Report: No Kill shelter under fire

All About Animals

POSTED: Monday, August 29, 2011 - 9:52pm

UPDATED: Saturday, August 17, 2013 - 11:00am

An investigative report uncovers "unacceptable conditions" inside a No Kill animal shelter. You may recall, East Baton Rouge Parish Animal Control handed over their shelter and adoption operations to Companion Animal Alliance on August 1st. Shortly after that, allegations of overcrowding and inhumane conditions began to surface. The law enforcement arm of animal control launched an investigation.

The three person investigative team found the stray section of the shelter overcrowded. They said there was lack of sufficient food and water, animals laying in, and in some cases, eating their own feces, and some of the dogs and cats were forced to live inside a men's bathroom, for lack of space.

However, one of the investigators says the shelter just needs some support from the community, and time to get the job done.

When Dr. Craig Alberty walked through the shelter last week, what he saw was disheartening. "I think it was a risk for those animals to be confined by that. In my report, I suggested they do something about it."

He saw six to seven animals in one cage in some instances, and a few of the animals were in pretty bad condition. "That kind of concentration of animals is bad for the spread of disease."

Dr.
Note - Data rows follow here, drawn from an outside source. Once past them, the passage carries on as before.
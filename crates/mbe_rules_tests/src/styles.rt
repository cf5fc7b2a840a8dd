//! Styles of calls, and sets of them.
use bitflags::Flags;
use mbe_rules::{MacroCallStyle, MacroCallStyles};
use std::hash::{DefaultHasher, Hash, Hasher};
use std::test::Fail;

fn hash_of(styles: MacroCallStyles) -> u64 {
    let mut state = DefaultHasher::new();
    styles.hash(&mut state);
    state.finish()
}

#[test]
fn are_sets(rt: HostRuntime) -> Result<(), Fail> {
    let attr = MacroCallStyles::from(MacroCallStyle::Attr);
    let both = attr.union(MacroCallStyles::from(MacroCallStyle::Derive));
    assert!(rt; attr == MacroCallStyles::ATTR && both.bits() == 6);
    assert!(rt; both.contains(MacroCallStyles::DERIVE) && !both.contains(MacroCallStyles::FN_LIKE));
    assert!(rt;
        both.union(MacroCallStyles::from(MacroCallStyle::FnLike))
            .is_all()
    );
    assert!(rt; MacroCallStyles::from_name("DERIVE") == Some(MacroCallStyles::DERIVE));
    assert!(rt; MacroCallStyles::from_bits(8).is_none() && MacroCallStyles::empty().is_empty());
    assert!(rt; hash_of(attr) != hash_of(both));
    let told = format!(in rt.alloc(); "{:?} {both:?}", MacroCallStyle::FnLike)?;
    assert!(rt; told.as_str().starts_with("FnLike MacroCallStyles"));
    Ok(())
}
Alberty says he's seen worse. "If you walk in there and you've never been in a shelter like that before, you're going to be freaked out," he explains. "But those of us who do this on a regular basis, no, we're not freaked out we're looking at the bigger picture and it wasn't horrible."

The picture is the facility is too small for the task that CAA directory, Laura Hinze, is trying to take on. "This isn't about her not doing her job. This is about how hard her job is."

According to the report, right now, 753 animals are housed in the shelter, and they just keep coming. Alberty says they get up to 30 animals a day. He says, that's too many, but he prefers that situation to the alternative.

"Now the problem is, what do we do? We don't have anybody that can take these animals. I don't want them to die. We need to try another solution."

But where to start? Alberty says it begins with a new way of thinking. "People think animals are disposable and when they're tired of them they just drop them off at Animal Control," he explains.

Now, he's hoping CAA can change a community's perception, and save lives in the process.

CAA has not received the investigative report, or any complaints so far. For that reason, they have chosen not to comment on the situation.